Let a be a root of a polynomial P.
Then:
a is a multiple root of P if and only if a is also a root of P' (the first derivative of P)
Proof:
(1) Since a is a root of P, there exists a polynomial Q such that (see Theorem, here):
P = (x - a)Q
(2) Using the Product Rule of Derivatives (see Lemma 4, here), we know that:
P' = Q + (x-a)Q'
(3) But then (x-a) only divides P' if and only if it also divides Q.
QED
Corollary 1.1:
If a polynomial has only simple roots
Then:
Its first derivative does not share any of those roots.
Proof
(1) Assume that a polynomial P has only simple roots.

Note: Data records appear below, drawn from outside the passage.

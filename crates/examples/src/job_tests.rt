use checker::copying::{BLANK_ENTRY, MOST_ENTRIES};
use checker::{check, copy_entries, pass};
use grammar::read::{read, sheet};
use grammar::tree::Node;
use job::{Answer, Cell, Frame, Job, Reason, Value};
use pantry::{Pantry, no_items};
use std::test;
use typing::types::{Slot, TypeEntry};

// What the calls on one job answer, from its opening to its end.
#[derive(Clone, Copy)]
struct Answers {
    opened: Answer,
    first: Answer,
    second: Answer,
    last: Answer,
}

// Opens a job on a sheet of at most 32 nodes, advances it by the two allowances, and finishes it.
fn run_sheet<P: Pantry>(
    text: &[u8],
    pantry: &P,
    cells: &mut [Cell],
    frames: &mut [Frame],
    allowances: (u32, u32),
) -> Result<Answers, test::Fail> {
    let mut tree = [Node::Blank; 32];
    let close = read(text, &mut tree).ok().ok_or("not read")?;
    let sheet = sheet(text, &tree, close);
    let mut types = [TypeEntry::Blank; 16];
    let mut slots = [Slot::Blank; 8];
    let number = check(sheet, pantry, &mut types, &mut slots)
        .ok()
        .ok_or("not passed")?;
    let mut entries = [BLANK_ENTRY; MOST_ENTRIES];
    let count = copy_entries(pantry, &mut entries);
    let pass = pass(sheet, &entries[..count], &types, number);
    let mut job = Job::open(pass, cells, frames);
    let opened = job.status();
    let first = job.advance(cells, frames, pantry, allowances.0);
    let second = job.advance(cells, frames, pantry, allowances.1);
    let last = job.finish();
    Ok(Answers {
        opened,
        first,
        second,
        last,
    })
}

#[test]
fn goes_on_where_it_stood(rt: HostRuntime) -> Result<(), test::Fail> {
    let mut cells = [Cell::Blank; 4];
    let mut frames = [Frame::Blank; 4];
    let sum = run_sheet(b"+(1,2)", &no_items(), &mut cells, &mut frames, (4, 100))?;
    assert_eq!(rt; sum.opened, Answer::Going { steps: 0 });
    assert_eq!(rt; sum.first, Answer::Going { steps: 4 });
    assert_eq!(rt;
        sum.second,
        Answer::Done {
            value: Value::Integer(3),
            steps: 6
        }
    );
    assert_eq!(rt;
        sum.last,
        Answer::Done {
            value: Value::Integer(3),
            steps: 6
        }
    );
    Ok(())
}

#[test]
fn runs_a_module_first(rt: HostRuntime) -> Result<(), test::Fail> {
    let text = b"module m interface [x : int] body [x = let y = 1 in y] from m take x";
    let mut cells = [Cell::Blank; 4];
    let mut frames = [Frame::Blank; 4];
    let module = run_sheet(text, &no_items(), &mut cells, &mut frames, (5, 2))?;
    assert_eq!(rt; module.first, Answer::Going { steps: 5 });
    assert_eq!(rt;
        module.second,
        Answer::Done {
            value: Value::Integer(1),
            steps: 7
        }
    );
    Ok(())
}

#[test]
fn a_stop_is_no_step(rt: HostRuntime) -> Result<(), test::Fail> {
    let mut cells = [Cell::Blank; 4];
    let mut frames = [Frame::Blank; 4];
    let quotient = run_sheet(b"/(7,0)", &no_items(), &mut cells, &mut frames, (4, 1))?;
    assert_eq!(rt; quotient.first, Answer::Going { steps: 4 });
    assert_eq!(rt;
        quotient.second,
        Answer::Stop {
            reason: Reason::DivideByZero,
            steps: 4
        }
    );
    assert_eq!(rt;
        quotient.last,
        Answer::Stop {
            reason: Reason::DivideByZero,
            steps: 4
        }
    );
    Ok(())
}

#[test]
fn stops_at_a_full_table(rt: HostRuntime) -> Result<(), test::Fail> {
    let mut frames = [Frame::Blank; 4];
    let name = run_sheet(b"let x = 1 in x", &no_items(), &mut [], &mut frames, (9, 9))?;
    assert_eq!(rt;
        name.last,
        Answer::Stop {
            reason: Reason::NoCell,
            steps: 2
        }
    );
    let mut cells = [Cell::Blank; 4];
    let sum = run_sheet(b"+(1,2)", &no_items(), &mut cells, &mut [], (9, 9))?;
    assert_eq!(rt;
        sum.last,
        Answer::Stop {
            reason: Reason::NoFrame,
            steps: 0
        }
    );
    Ok(())
}
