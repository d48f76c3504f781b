//! The limits of texts. Each is defined here once; definitions and code refer to it.

/// The most bytes of a catalogue, and of any text that is cut into lines or records.
pub const TEXT_MOST: usize = 1 << 29;

/// The most bytes of the text of a sky plan.
pub const SKY_TEXT_MOST: usize = 1 << 16;

/// The most bytes of a script.
pub const SCRIPT_TEXT_MOST: usize = 1 << 23;

/// The most bytes of a line of a script, and so of a query.
pub const QUERY_TEXT_MOST: usize = 1 << 14;

/// The most queries of a script, which are numbered from 1.
pub const QUERIES_MOST: u32 = 255;

/// The most digits of a number of a sky plan or of a catalogue.
pub const INT_DIGITS_MOST: usize = 19;
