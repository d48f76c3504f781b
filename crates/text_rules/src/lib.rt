//! The syntax shared by all text formats: numbers, lines, names and reading part by part, as definitions for contracts.
//!
//! Callers see a text as a list of bytes and a number as a whole number (`specs/Numbers.antt`). A line is its number
//! and its text (`specs/Lines.antt`). `specs/Words.antt` defines the bytes of a word, and `specs/Readings.antt` a text
//! that is read part by part.
//!
//! Below: nothing. This crate has no algorithms, only worked examples that the checker evaluates.
#![tactic(auto)]

pub mod examples;
pub mod limits;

(2) Assume that a root a divides both P and P'
(3) Then by Lemma 1 above, a is a multiple root of P.
(4) But by step #1 this is impossible so we reject our assumption in step #2.
QED
Lemma 2:
If a polynomial P has only simple roots
Then P,P' are relatively prime.
Proof:
(1) Assume that P,P' are not relatively prime.
(2) Then, they have a common irreducible factor of degree 1.
[Since by definition, two polynomials are relatively prime if their only common factor is of degree 0]
(3) Then there exists a polynomial of the form X-a that divides both P and P' (See Thereom, here)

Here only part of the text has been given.